The BF‐UC290F, a third‐generation, reliable, Olympus EBUS‐TBNA endoscope 3 extends the applications of this line of instruments because it is compact (only 6.6 mm in outer diameter) and has a rigid region of only 25 mm, greatly improving manoeuvrability while maintaining a large 2.2‐mm‐diameter working channel that can accept the complete needle portfolio. EUS‐B‐FNA affords a high diagnostic yield, equivalent to that of EBUS‐TBNA, and has the advantages (compared to EBUS‐TBNA) of fewer oxygen desaturation episodes, less need for anaesthetics and sedatives, and a shorter procedural time 4. EUS‐B‐FNA should be considered in the same endoscopy session if bronchoscopy and EBUS‐TBNA fail 5. Initially, we could not obtain an adequate specimen because of the patient's severe cough and an inadequate EBUS view (Fig. 1D). One limitation associated with this case is that intubation tube disturbed the manipulation of the scope, particularly in angulation. EUS‐B‐FNA using the BF‐UC290F effectively diagnosed a superior mediastinal mass. The patient was a 46‐year‐old current smoker with a hypersensitive throat reflex despite administration of fentanyl 100 μg and midazolam 8 mg. He required no additional fentanyl or midazolam during EUS‐B‐FNA and we obtained an adequate specimen (without inducing severe coughing) via a transoesophageal approach. The BF‐UC290F features powerful angulation (to 160°), enhancing access to challenging sites, and improved puncture performance (a 5° steeper puncture angle than earlier instruments, allowing smooth penetration of the bronchial or oesophageal wall). The small size facilitated access through the oesophagus. To the best of our knowledge, this is the first report of a superior mediastinal mass diagnosed via EUS‐FNA using the BF‐UC290F. For this target, it might not be difficult to perform EUS‐B‐FNA even if they used the usual scope (BF‐UC260FW; Olympus). A larger‐scale study for a case which is difficult to access with conventional EBUS scope through the oesophagus would be necessary for emphasizing the usefulness of the BF‐UC290F during the EUS‐B‐FNA procedure.

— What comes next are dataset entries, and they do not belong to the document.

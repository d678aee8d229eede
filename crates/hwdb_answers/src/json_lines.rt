//! The lines of JSON that are printed. Each is an object.
ghost use Rattle.std.specs.Prelude.{◌≡◌, ◌++◌, ◌∷◌, [], filter, map, not, IfOk, OnOk};
ghost use Rattle.json.specs.Tree.{json_tokens};
ghost use Rattle.hwdb_query.specs.Views.{assignment_of_hit, pairs_bytes};
ghost use Rattle.hwdb_spec.specs.Texts.{canonical};
ghost use Rattle.hwdb_spec_commands.specs.Json.{property_member, pair_json, has_name, raw_members, object_of, array_of, device_json, hit_json, json_line};
ghost use Rattle.hwdb_show.specs.JsonTokens.{tokens_of_members};

use hwdb_query::Hit;
use hwdb_show::{ended, put_member, put_number, put_text};
use json::Writer;
use std::alloc::{AllocError, Global};

/// Adds a property as a member, if its key is UTF-8.
fn put_if_named(json: &mut Writer, key: &[u8], value: &[u8]) -> Result<(), AllocError>
    ensures before { json.new.before ≡ json.old.before }
    ensures tokens { OnOk result (json.new.tokens ≡ json.old.tokens
        ++ tokens_of_members (map property_member (filter has_name ((key.now, value.now) ∷ [])))) }
{
    match str::from_utf8(key) {
        Ok(name) => put_member(json, name, value),
        Err(_) => Ok(()),
    }
}

/// Adds the object of the properties whose keys are UTF-8. The only error, here and below, is `AllocError`.
pub fn put_named(json: &mut Writer, properties: &[(&[u8], &[u8])]) -> Result<(), AllocError>
    ensures before { json.new.before ≡ json.old.before }
    ensures tokens { OnOk result (json.new.tokens ≡ json.old.tokens ++ json_tokens
        (object_of (map property_member (filter has_name (pairs_bytes properties.now))))) }
{
    json.begin_object()?;
    for (key, value) in properties {
        put_if_named(json, key, value)?;
    }
    json.end_object()
}

/// Adds a property as a pair.
fn put_pair(json: &mut Writer, key: &[u8], value: &[u8]) -> Result<(), AllocError>
    ensures before { json.new.before ≡ json.old.before }
    ensures tokens { OnOk result
        (json.new.tokens ≡ json.old.tokens ++ json_tokens (pair_json (key.now, value.now))) }
{
    json.begin_array()?;
    put_text(json, key)?;
    put_text(json, value)?;
    json.end_array()
}

/// Adds a property whose key isn't UTF-8 to others.
fn push_if_raw<'a>(
    raw: &mut Vec<(&'a [u8], &'a [u8])>,
    key: &'a [u8],
    value: &'a [u8],
) -> Result<(), AllocError>
    ensures { OnOk result (pairs_bytes raw.new.items ≡ pairs_bytes raw.old.items
        ++ filter (λ p. not (has_name p)) ((key.now, value.now) ∷ [])) }
{
    match str::from_utf8(key) {
        Ok(_) => Ok(()),
        Err(_) => {
            raw.push((key, value))?;
            Ok(())
        }
    }
}

/// The properties whose keys aren't UTF-8.
pub fn raw_of<'a>(
    alloc: Global,
    properties: &[(&'a [u8], &'a [u8])],
) -> Result<Vec<(&'a [u8], &'a [u8])>, AllocError>
    ensures { IfOk result (λ raw. pairs_bytes raw.items
        ≡ filter (λ p. not (has_name p)) (pairs_bytes properties.now)) }
{
    let mut raw = Vec::new(alloc);
    for (key, value) in properties {
        push_if_raw(&mut raw, key, value)?;
    }
    Ok(raw)
}

/// Adds properties as an array of pairs.
fn put_pairs(json: &mut Writer, properties: &[(&[u8], &[u8])]) -> Result<(), AllocError>
    ensures before { json.new.before ≡ json.old.before }
    ensures tokens { OnOk result (json.new.tokens ≡ json.old.tokens
        ++ json_tokens (array_of (map pair_json (pairs_bytes properties.now)))) }
{
    json.begin_array()?;
    for (key, value) in properties {
        put_pair(json, key, value)?;
    }
    json.end_array()
}

/// Adds properties whose keys aren't UTF-8 under `raw`, if there are any.
pub fn put_raw(json: &mut Writer, raw: &[(&[u8], &[u8])]) -> Result<(), AllocError>
    ensures before { json.new.before ≡ json.old.before }
    ensures tokens { OnOk result (json.new.tokens
        ≡ json.old.tokens ++ tokens_of_members (raw_members (pairs_bytes raw.now))) }
{
    if raw.is_empty() {
        return Ok(());
    }
    json.key("raw")?;
    put_pairs(json, raw)
}

/// Adds the object of a device: its properties under their keys, and those whose keys aren't UTF-8 as pairs.
fn put_device(
    json: &mut Writer,
    device: &[u8],
    properties: &[(&[u8], &[u8])],
    raw: &[(&[u8], &[u8])],
) -> Result<(), AllocError>
    requires { pairs_bytes raw.now
        ≡ filter (λ p. not (has_name p)) (pairs_bytes properties.now) }
    ensures before { json.new.before ≡ json.old.before }
    ensures tokens { OnOk result (json.new.tokens ≡ json.old.tokens
        ++ json_tokens (device_json device.now (pairs_bytes properties.now))) }
{
    json.begin_object()?;
    put_member(json, "device", device)?;
    json.key("properties")?;
    put_named(json, properties)?;
    put_raw(json, raw)?;
    json.end_object()
}

/// The line of a device and its properties.
///
/// The only error is want of memory.
pub fn device_line(
    alloc: Global,
    device: &[u8],
    properties: &[(&[u8], &[u8])],
) -> Result<Vec<u8>, AllocError>
    ensures { IfOk result
        (λ line. line.items ≡ json_line (device_json device.now (pairs_bytes properties.now))) }
{
    let raw = raw_of(alloc, properties)?;
    let mut json = Writer::new(Vec::new(alloc));
    put_device(&mut json, device, properties, &raw)?;
    ended(alloc, json)
}

/// Adds the object of a hit: its position, and each part of it.
fn put_hit(json: &mut Writer, position: &[u8], hit: &Hit<'_>) -> Result<(), AllocError>
    requires { position.now ≡ canonical (assignment_of_hit hit.now).position }
    ensures before { json.new.before ≡ json.old.before }
    ensures tokens { OnOk result (json.new.tokens
        ≡ json.old.tokens ++ json_tokens (hit_json (assignment_of_hit hit.now))) }
{
    json.begin_object()?;
    put_member(json, "position", position)?;
    put_member(json, "path", hit.path)?;
    put_number(json, "line", hit.line)?;
    put_number(json, "priority", u32::from(hit.priority))?;
    put_member(json, "pattern", &hit.pattern)?;
    put_member(json, "key", hit.key)?;
    put_member(json, "value", hit.value)?;
    json.end_object()
}

/// The line of a hit.
///
/// The only error is want of memory.
pub fn hit_json_line(alloc: Global, hit: &Hit<'_>) -> Result<Vec<u8>, AllocError>
    ensures { IfOk result (λ line. line.items ≡ json_line (hit_json (assignment_of_hit hit.now))) }
{
    let mut position = Vec::new(alloc);
    hit.push_position(&mut position)?;
    let mut json = Writer::new(Vec::new(alloc));
    put_hit(&mut json, &position, hit)?;
    ended(alloc, json)
}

In conclusion, EUS‐B‐FNA performed using the BF‐UC290F effectively diagnosed a superior mediastinal mass. EUS‐B‐FNA can be performed in the same endoscopy session if bronchoscopy and EBUS‐TBNA fail.

Disclosure Statement

Appropriate written informed consent was obtained for publication of this case report and accompanying images.